As NextFuel explains, when the fuel is burned, it only releases the rest of the CO2 that was captured from the atmosphere while the grass was growing. For each completed cycle of burning and growing, less and less CO2 will reside in the atmosphere, because more and more will be deposited in the soil. So, the net contribution of CO2 from the fuel to the atmosphere from year 1 to year 2 is therefore negative.
A key challenge in terms of fighting climate change and increasing energy security is the question of cost: Since most of the world's energy infrastructure is based on the burning of fossil fuels, many countries are reluctant to make what they perceive as a costly switch to renewable energy sources. Since NextFuel can compete directly with fossil fuels in terms of prices, and uses existing infrastructure, it could represent a profitable solution to global climate change.

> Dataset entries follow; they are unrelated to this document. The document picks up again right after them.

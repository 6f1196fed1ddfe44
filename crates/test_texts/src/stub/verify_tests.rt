//! Which instructions `verify` accepts.

use fl_stub::{Code, Op, VerifiedCode, verify};
use std::alloc::{AllocError, Global};
use std::test::Fail;

pub(crate) fn verify_ops(alloc: Global, ops: &[Op]) -> Result<Option<VerifiedCode>, AllocError> {
    let code = Code {
        ops: Vec::from_slice(alloc, ops)?,
    };
    Ok(verify(code))
}

const SEND: &[Op] = &[
    Op::Emit(1),
    Op::Align,
    Op::Length(2_047),
    Op::Each,
    Op::Emit(1),
    Op::Back,
    Op::Align,
    Op::Emit(2),
    Op::End,
];

const RECEIVE: &[Op] = &[
    Op::Read(1),
    Op::Align,
    Op::ReadLength(2_047),
    Op::Each,
    Op::ReadText,
    Op::Back,
    Op::Align,
    Op::Read(2),
    Op::Done,
];

const ACCEPTED: &[&[Op]] = &[
    SEND,
    RECEIVE,
    &[Op::End],
    &[Op::Done],
    &[Op::Times(1_024), Op::Back, Op::End],
    &[Op::Length(4_096), Op::Each, Op::Back, Op::End],
    &[
        Op::ReadLength(1),
        Op::Each,
        Op::ReadText,
        Op::Back,
        Op::Done,
    ],
    &[Op::Emit(8), Op::Emit(4), Op::Emit(2), Op::Pad(7), Op::End],
    &[
        Op::ReadEnum(u32::MAX),
        Op::Skip(1),
        Op::ReadBool,
        Op::ReadChar,
        Op::Done,
    ],
    &[Op::Align, Op::Align, Op::Done],
    &[
        Op::Times(1),
        Op::Length(1),
        Op::Each,
        Op::Back,
        Op::Back,
        Op::End,
    ],
    // as deep as loops go
    &[
        Op::Times(1),
        Op::Times(1),
        Op::Times(1),
        Op::Times(1),
        Op::Times(1),
        Op::Times(1),
        Op::Times(1),
        Op::Times(1),
        Op::Back,
        Op::Back,
        Op::Back,
        Op::Back,
        Op::Back,
        Op::Back,
        Op::Back,
        Op::Back,
        Op::End,
    ],
];

const REFUSED: &[&[Op]] = &[
    &[],
    &[Op::Each, Op::Back, Op::End],
    &[Op::Emit(3), Op::End],
    &[Op::Emit(1), Op::Done],
    &[Op::Emit(0), Op::End],
    &[Op::Emit(16), Op::End],
    &[Op::Times(0), Op::Back, Op::End],
    &[Op::Times(1_025), Op::Back, Op::End],
    &[Op::Length(0), Op::Each, Op::Back, Op::End],
    &[Op::Length(4_097), Op::Each, Op::Back, Op::End],
    &[Op::Length(1), Op::End],
    &[Op::Length(1), Op::Times(1), Op::Back, Op::End],
    &[Op::Length(1), Op::Align, Op::Each, Op::Back, Op::End],
    &[Op::ReadLength(1), Op::Each, Op::Back, Op::End],
    &[Op::Times(1), Op::Each, Op::Back, Op::Back, Op::End],
    &[Op::Back, Op::End],
    &[Op::Times(1), Op::End],
    &[Op::Times(1), Op::End, Op::Back],
    &[Op::End, Op::End],
    &[Op::Emit(1)],
    &[Op::Read(1), Op::Emit(1), Op::Done],
    &[Op::ReadEnum(0), Op::Done],
    &[Op::Pad(8), Op::End],
    &[Op::Skip(0), Op::Done],
    // one loop too many
    &[
        Op::Times(1),
        Op::Times(1),
        Op::Times(1),
        Op::Times(1),
        Op::Times(1),
        Op::Times(1),
        Op::Times(1),
        Op::Times(1),
        Op::Times(1),
        Op::Back,
        Op::Back,
        Op::Back,
        Op::Back,
        Op::Back,
        Op::Back,
        Op::Back,
        Op::Back,
        Op::Back,
        Op::End,
    ],
];

#[test]
fn accepted_and_refused(rt: HostRuntime) -> Result<(), Fail> {
    for ops in ACCEPTED {
        assert!(rt; verify_ops(rt.alloc(), ops)?.is_some());
    }
    for ops in REFUSED {
        assert!(rt; verify_ops(rt.alloc(), ops)?.is_none());
    }
    Ok(())
}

According to edie, NextFuel is currently produced by one Austrian facility, and NextFuel has secured funding from the EU and Austrian engineering firm Andritz to scale-up production. It is set to be supplied to power its first two large-scale projects by the end of 2019 — a cement plant in East Africa and a manufacturing facility in South America.
NextFuel says its goal is to create new jobs, especially in developing countries, by growing its elephant grass on plantations around the world with a production plant nearby.
NextFuel made its first public appearance at Arnold Schwarzenegger's R20 Regions of Climate Action (Austrian World Summit) in May 2018, where it was named one of ten best practice projects. It was also recently featured as one of top 5 innovative alternatives to fossil fuel by ***The New Economy***.
The technology will be presented at COP24 on December 12.